I've got a 1 inch socket hanging in my catchbox.. It rings pretty nice when you hit it.. I also just nailed a 12 inch frying pan to a tree and it makes a great target for long distance shots, and sounds pretty badass when you hit it.. Other then that, chasing beer cans on the ground until they're out of site is pretty fun..(lose a lot of ammo though)


----------



## Curtis (Apr 30, 2013)

Thanks for the input guys! I'm definitely going to make some leather targets, and Hrawk, those knock down targets look awesome! It makes sense to use thicker cans and pill bottles, so I think I'll try those too!


----------



## Beanflip (Sep 11, 2010)

Empty shot gun shells are fun targets.


----------



## Imperial (Feb 9, 2011)

Beanflip said:


> Empty shot gun shells are fun targets.


i bet full gun shells are funner. :blink: .

you just reminded me of the fun i used to have shooting at empty shotgun shells with by lil b.b. rifle as a kid.


----------



## ash (Apr 23, 2013)

I love shooting pepsi cans. The fact that they don't last long is exactly the point! :lol: Cutting them in half in the fewest shots is my current favourite game. I'm tempted to make a contest of it.

Spoons and leather discs are going onto the menu very soon. I have a new catchbox to christen.

Big plastic drink bottles - do not want. Too many bounce-backs.

I made some plaster of paris balls and some stand-up targets not unlike Q's clay birds. They're fun to destroy in a cloud of white dust. You could probably dig up some clay and make something similar for no cost.


----------



## ruthiexxxx (Sep 15, 2012)

air gun targets mainly. I get big cardboard cartons and fill them with layers of cardboard to back the targets. This works just as well with the slingbows. When a carton is shot to pieces then it's easy to reclaim all the ammo trapped inside .


----------



## ruthiexxxx (Sep 15, 2012)

but other things make a nice change. a good use for aluminium cooking pans !


----------



## SlingDaddy (Sep 24, 2012)

I recently switched from cans and plastic bottles to leather discs. The leather targets are smaller (more of a challenge) and last forever - the loud "thwack" they make when hit is actually quite satisfying too!


----------



## Jeff Lazerface (May 7, 2013)

im gonna hang up crap that i buy for 10-50 cents at the thrift shop, like a rap music CD.


----------



## ruthiexxxx (Sep 15, 2012)

Jeff Lazerface said:


> im gonna hang up crap that i buy for 10-50 cents at the thrift shop, like a rap music CD.

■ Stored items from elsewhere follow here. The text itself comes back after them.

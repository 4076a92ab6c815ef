// The sleepers by value: each operation takes them and hands them back, with the answer beside them. The rules are
// those of crate sleeps.
#![tactic(auto)]

ghost use Rattle.std.specs.Prelude.{IfSome, ◌≡◌, [], ◌+◌, ◌≤◌, ◌<◌, length};
ghost use Rattle.std.specs.List.{position_from, prefix_len};
ghost use Rattle.sleeps.specs.Numbers.{places};
ghost use Rattle.sleeps.specs.Rules.{outside, is, refused, answered, pass, ask, tick, end, step, nobody};
ghost use Rattle.sleeping.specs.Rows.{no_later, numbers_of};
ghost use Rattle.sleeping.specs.Promised.{Good, view, grown, shrunk, Comes};

use sleeps::{Answer, Follows, Operation, PLACES, Refusal, Sleeper, Sleepers, Turn};

// 01: "2 to the 62".
const TIME_LIMIT: u64 = 4611686018427387904;

// "the seconds in microseconds"
const SECOND: u64 = 1000000;

// "a1 is read as signed": from here on it is below zero.
const SIGN: u32 = 2147483648;

// "outside 1 to 8"
const FIRST_PROC: u32 = 1;

const LAST_PROC: u32 = 8;

// A row that is no sleeper's.
const BLANK: Sleeper = Sleeper { wake: 0, number: 0 };

// An answer of which nothing follows.
const QUIET: Answer = Answer {
    refusal: None,
    follows: Follows::Nothing,
    count: 0,
    woken: [0; PLACES],
};

// The first place of a sleeper of that number.
fn place_of(rows: &[Sleeper], number: u32) -> Option<usize>
    ensures first { result ≡ position_from (is number) 0 rows.now }
    ensures within { IfSome result (λ i. i < length rows.now) }
{
    rows.iter().position(|x| x.number == number)
}

// How many, from the first on, wake no later than a time.
fn no_later(rows: &[Sleeper], time: u64) -> usize
    ensures lead { result ≡ prefix_len (no_later time) rows.now }
    ensures within { result ≤ length rows.now }
{
    rows.iter().take_while(|x| x.wake <= time).count()
}

// One more sleeper, at a place: those from there on move back by one.
fn put_in(sleepers: Sleepers, at: usize, x: Sleeper) -> Sleepers
    requires { (at ≤ sleepers.count) × (sleepers.count < places) }
    ensures { result ≡ grown sleepers at x }
{
    let n = sleepers.count;
    let mut rows = sleepers.rows;
    rows.copy_within(at..n, at + 1);
    rows[at] = x;
    Sleepers {
        count: n + 1,
        rows,
        ..sleepers
    }
}

// The sleepers without k of them from a place on: those behind move up, and the freed places are nought.
fn cut_out(sleepers: Sleepers, at: usize, k: usize) -> Sleepers
    requires { (at + k ≤ sleepers.count) × (sleepers.count ≤ places) }
    ensures { result ≡ shrunk sleepers at k }
{
    let n = sleepers.count;
    let mut rows = sleepers.rows;
    rows.copy_within(at + k..n, at);
    rows[n - k..n].fill(BLANK);
    Sleepers {
        count: n - k,
        rows,
        ..sleepers
    }
}

// The numbers of the rows, and noughts behind them.
fn numbers(rows: &[Sleeper]) -> [u32; PLACES]
    requires { length rows.now ≤ places }
    ensures { result ≡ numbers_of rows.now (length rows.now) }
{
    let mut all = [0; PLACES];
    for (i, x) in rows.iter().enumerate() {
        all[i] = x.number;
    }
    all
}

// "a U-proc number outside 1 to 8"
fn is_outside(number: u32) -> bool
    ensures { result ≡ outside number }
{
    !(FIRST_PROC..=LAST_PROC).contains(&number)
}

// A refusal: nothing changes.
// Kept, an early return and no `?`: a refusal is itself an answer, handed back beside the sleepers as any other.
fn refused(sleepers: Sleepers, refusal: Refusal) -> Turn
    requires { Good sleepers }
    ensures { Comes (refused refusal (view sleepers)) result }
{
    let answer = Answer {
        refusal: Some(refusal),
        ..QUIET
    };
    Turn { answer, sleepers }
}

// What follows, with nobody woken.
// Kept, `Good` as a premise here and below: `Sleepers` is a plain struct, whose public fields and operations docs/ names.
pub fn answered(sleepers: Sleepers, follows: Follows) -> Turn
    requires { Good sleepers }
    ensures { Comes (answered follows [] (view sleepers)) result }
{
    let answer = Answer { follows, ..QUIET };
    Turn { answer, sleepers }
}

// Nothing has passed and nobody sleeps.
pub fn fresh() -> Sleepers
    ensures { Good result × (view result ≡ nobody) }
{
    Sleepers {
        sum: 0,
        count: 0,
        rows: [BLANK; PLACES],
    }
}

// A gap passes. One that would bring the sum above its limit is no accepted gap: it is refused, and nothing changes.
pub fn pass(sleepers: Sleepers, gap: u64) -> Turn
    requires { Good sleepers }
    ensures { Comes (pass gap (view sleepers)) result }
{
    let sum = sleepers.sum;
    if TIME_LIMIT - sum < gap {
        return refused(sleepers, Refusal::TimeFull);
    }
    let later = Sleepers {
        sum: sum + gap,
        ..sleepers
    };
    answered(later, Follows::Nothing)
}

// A U-proc asks to sleep a1 seconds. The wake time fits: the sum is at most 2 to the 62, and the most seconds,
// 2,147,483,647, are less than 2 to the 51 microseconds.
pub fn ask(sleepers: Sleepers, number: u32, a1: u32) -> Turn
    requires { Good sleepers }
    ensures { Comes (ask number a1 (view sleepers)) result }
{
    if is_outside(number) {
        return refused(sleepers, Refusal::NoSuchProc);
    }
    let rows = sleepers.rows;
    let line = &rows[..sleepers.count];
    if place_of(line, number).is_some() {
        return refused(sleepers, Refusal::AsleepAlready);
    }
    if SIGN <= a1 {
        return answered(sleepers, Follows::Ends);
    }
    let wake = sleepers.sum + a1 as u64 * SECOND;
    let at = no_later(line, wake);
    let more = put_in(sleepers, at, Sleeper { wake, number });
    answered(more, Follows::Sleeps)
}

// A tick: "just those whose wake time is not above that sum are woken, soonest first".
pub fn tick(sleepers: Sleepers) -> Turn
    requires { Good sleepers }
    ensures { Comes (tick (view sleepers)) result }
{
    let rows = sleepers.rows;
    let k = no_later(&rows[..sleepers.count], sleepers.sum);
    if k == 0 {
        return answered(sleepers, Follows::Nothing);
    }
    let answer = Answer {
        follows: Follows::Wakes,
        count: k,
        woken: numbers(&rows[..k]),
        ..QUIET
    };
    let left = cut_out(sleepers, 0, k);
    Turn {
        answer,
        sleepers: left,
    }
}

// A U-proc has ended: its sleep is over, and nobody else's changes.
pub fn end(sleepers: Sleepers, number: u32) -> Turn
    requires { Good sleepers }
    ensures { Comes (end number (view sleepers)) result }
{
    if is_outside(number) {
        return refused(sleepers, Refusal::NoSuchProc);
    }
    let rows = sleepers.rows;
    let Some(i) = place_of(&rows[..sleepers.count], number) else {
        return answered(sleepers, Follows::Nothing);
    };
    let left = cut_out(sleepers, i, 1);
    answered(left, Follows::Ended)
}

// Whatever may happen.
pub fn step(sleepers: Sleepers, operation: Operation) -> Turn
    requires { Good sleepers }
    ensures { Comes (step operation (view sleepers)) result }
{
    match operation {
        Operation::Gap(gap) => pass(sleepers, gap),
        Operation::Ask(number, a1) => ask(sleepers, number, a1),
        Operation::Tick => tick(sleepers),
        Operation::End(number) => end(sleepers, number),
    }
}
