// Definitions and laws of whole numbers that every crate above cites (specs/, proofs/), and what kinds of value they stand for.
#![tactic(auto)]

// What a whole number in a work cell stands for: a sample on its way, or the distance number of one. Annexes E, F and G and document 01's rules for them go the
// same way through the cells, and a kind says which of the two is at hand.
#[derive(Clone, Copy, PartialEq, Eq)]
pub enum Kind {
    Samples,
    Numbers,
}
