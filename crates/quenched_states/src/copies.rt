//! Overlap fields of copies: each law is the contract of a function with an empty body.

ghost use Rattle.quenched_states.specs.Laws.{CopiesTurn, DistancesAreBounded, DistancesAreFours, FieldsAreSymmetric, TrianglesHold, TwoTimesAreCopies};

/// The field of a copy at two times is that of two of the four copies of both states.
pub fn two_times_are_copies()
    ensures { TwoTimesAreCopies }
{}

/// Where two states change places, their four copies are turned by two.
pub fn copies_turn()
    ensures { CopiesTurn }
{}

/// The field of two configurations is that of the second and the first.
pub fn fields_are_symmetric()
    ensures { FieldsAreSymmetric }
{}

/// The three overlaps of any three configurations add up to minus the number of sites at least.
pub fn triangles_hold()
    ensures { TrianglesHold }
{}

/// The sum over pairs of sites some steps apart is at most the number of these pairs.
pub fn distances_are_bounded()
    ensures { DistancesAreBounded }
{}

/// The sum over pairs of sites some steps apart, of the field of two configurations, is a multiple of 4.
pub fn distances_are_fours()
    ensures { DistancesAreFours }
{}
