//! The spin rules on one word: the count of the six bits picks for each sample one of the cases, each
//! of which has been compared with the draw once for all samples.

ghost use Rattle.std.specs.Prelude.{◌≡◌, ℕ, ◌<◌, ◌||◌, not, if◌then◌else◌};
ghost use Rattle.multispin_word.specs.Planes.{is_set};
ghost use Rattle.spin_model.specs.SiteRule as rule;
ghost use Rattle.local_rule.specs.SiteBits.{set_count};

use bit_compare::count6;
use multispin_word::{below, choose};
use threshold_table::RuleRow;

/// The new spins of a site by heat bath, one bit a sample, 1 for +1.
///
/// `draw` is the site's random number, the same for all samples, and `aligned` has for each of the
/// six neighbours the samples in which J times its spin is +1. The row has for 0 to 6 aligned
/// neighbours the probability of +1 times 2^32.
#[inline]
pub fn heat_bath(draw: u32, row: &RuleRow, aligned: &[u64; 6]) -> u64
    ensures { (b : ℕ) → b < 64
        → is_set result b ≡ rule.heat_bath row.now.values (set_count aligned.now b) draw }
{
    let cases = &row.values;
    let count = count6(aligned);
    let (ones, twos, fours) = (count.words[0], count.words[1], count.words[2]);
    let zero_one = choose(ones, below(draw, cases[1]), below(draw, cases[0]));
    let two_three = choose(ones, below(draw, cases[3]), below(draw, cases[2]));
    let four_five = choose(ones, below(draw, cases[5]), below(draw, cases[4]));
    let up_to_three = choose(twos, two_three, zero_one);
    let from_four = choose(twos, below(draw, cases[6]), four_five);
    choose(fours, from_four, up_to_three)
}

/// The new spins of a site by Metropolis, one bit a sample, 1 for +1.
///
/// `draw` is the site's random number, the same for all samples, and `satisfied` has for each of the
/// six bonds the samples in which J times its two spins is +1. `spin` has the old spins. The row
/// begins with the probabilities of a flip at 4, 5 and 6 satisfied bonds, times 2^32.
#[inline]
pub fn metropolis(draw: u32, row: &RuleRow, satisfied: &[u64; 6], spin: u64) -> u64
    ensures { (b : ℕ) → b < 64
        → is_set result b
        ≡ rule.metropolis row.now.values (set_count satisfied.now b) draw (is_set spin b) }
{
    let cases = &row.values;
    let count = count6(satisfied);
    let (ones, twos, fours) = (count.words[0], count.words[1], count.words[2]);
    let four_five = choose(ones, below(draw, cases[1]), below(draw, cases[0]));
    let accepted = choose(twos, below(draw, cases[2]), four_five);
    flipped(spin, fours, accepted)
}

/// The other spin, but the old one where the flip costs energy and is not accepted.
#[inline]
fn flipped(spin: u64, costly: u64, accepted: u64) -> u64
    ensures { (b : ℕ) → b < 64
        → is_set result b ≡ (if not (is_set costly b) || is_set accepted b
        then not (is_set spin b) else is_set spin b) }
{
    !spin ^ (costly & !accepted)
}
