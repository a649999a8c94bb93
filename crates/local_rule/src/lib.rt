//! The spin update at a site for 64 samples at once, by heat bath or Metropolis: on one word with one
//! draw, and on several words with as many draws.
#![tactic(auto)]

pub use lane_rule::{heat_bath_lanes, heat_bath_sites, metropolis_lanes, metropolis_sites};
pub use laws::{heat_bath_both_ways, metropolis_both_ways};
pub use ready_rule::ReadyRule;
pub use vectors::{
    choose_lanes, differing_lanes, full_adder_lanes, joined_lanes, load, shared_lanes,
};
pub use word_rule::{heat_bath, metropolis};

mod lane_rule;
mod laws;
mod ready_rule;
mod row_order;
mod vectors;
mod word_rule;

don't let 50Cent catch you !!


----------



## ash (Apr 23, 2013)

I'm pondering ways to make a reusable, self-resetting bullseye target. Perhaps concentric metal or hard leather discs that spin on an axle when hit, but come back to the flat position under the influence of a small magnet...

Who wants to make the prototype?


----------



## ruthiexxxx (Sep 15, 2012)

Think it's time for new targets !


----------



## Hrawk (Oct 25, 2010)

ash said:


> I'm pondering ways to make a reusable, self-resetting bullseye target. Perhaps concentric metal or hard leather discs that spin on an axle when hit, but come back to the flat position under the influence of a small magnet...
> 
> Who wants to make the prototype?


Post up a sketch and I'll see what I can do 

With that catch box I posted above, I had always planned to have a simple string reset mechanism on the drop downs but never got around to it.


----------



## ash (Apr 23, 2013)

> Post up a sketch and I'll see what I can do
> 
> With that catch box I posted above, I had always planned to have a simple string reset mechanism on the drop downs but never got around to it.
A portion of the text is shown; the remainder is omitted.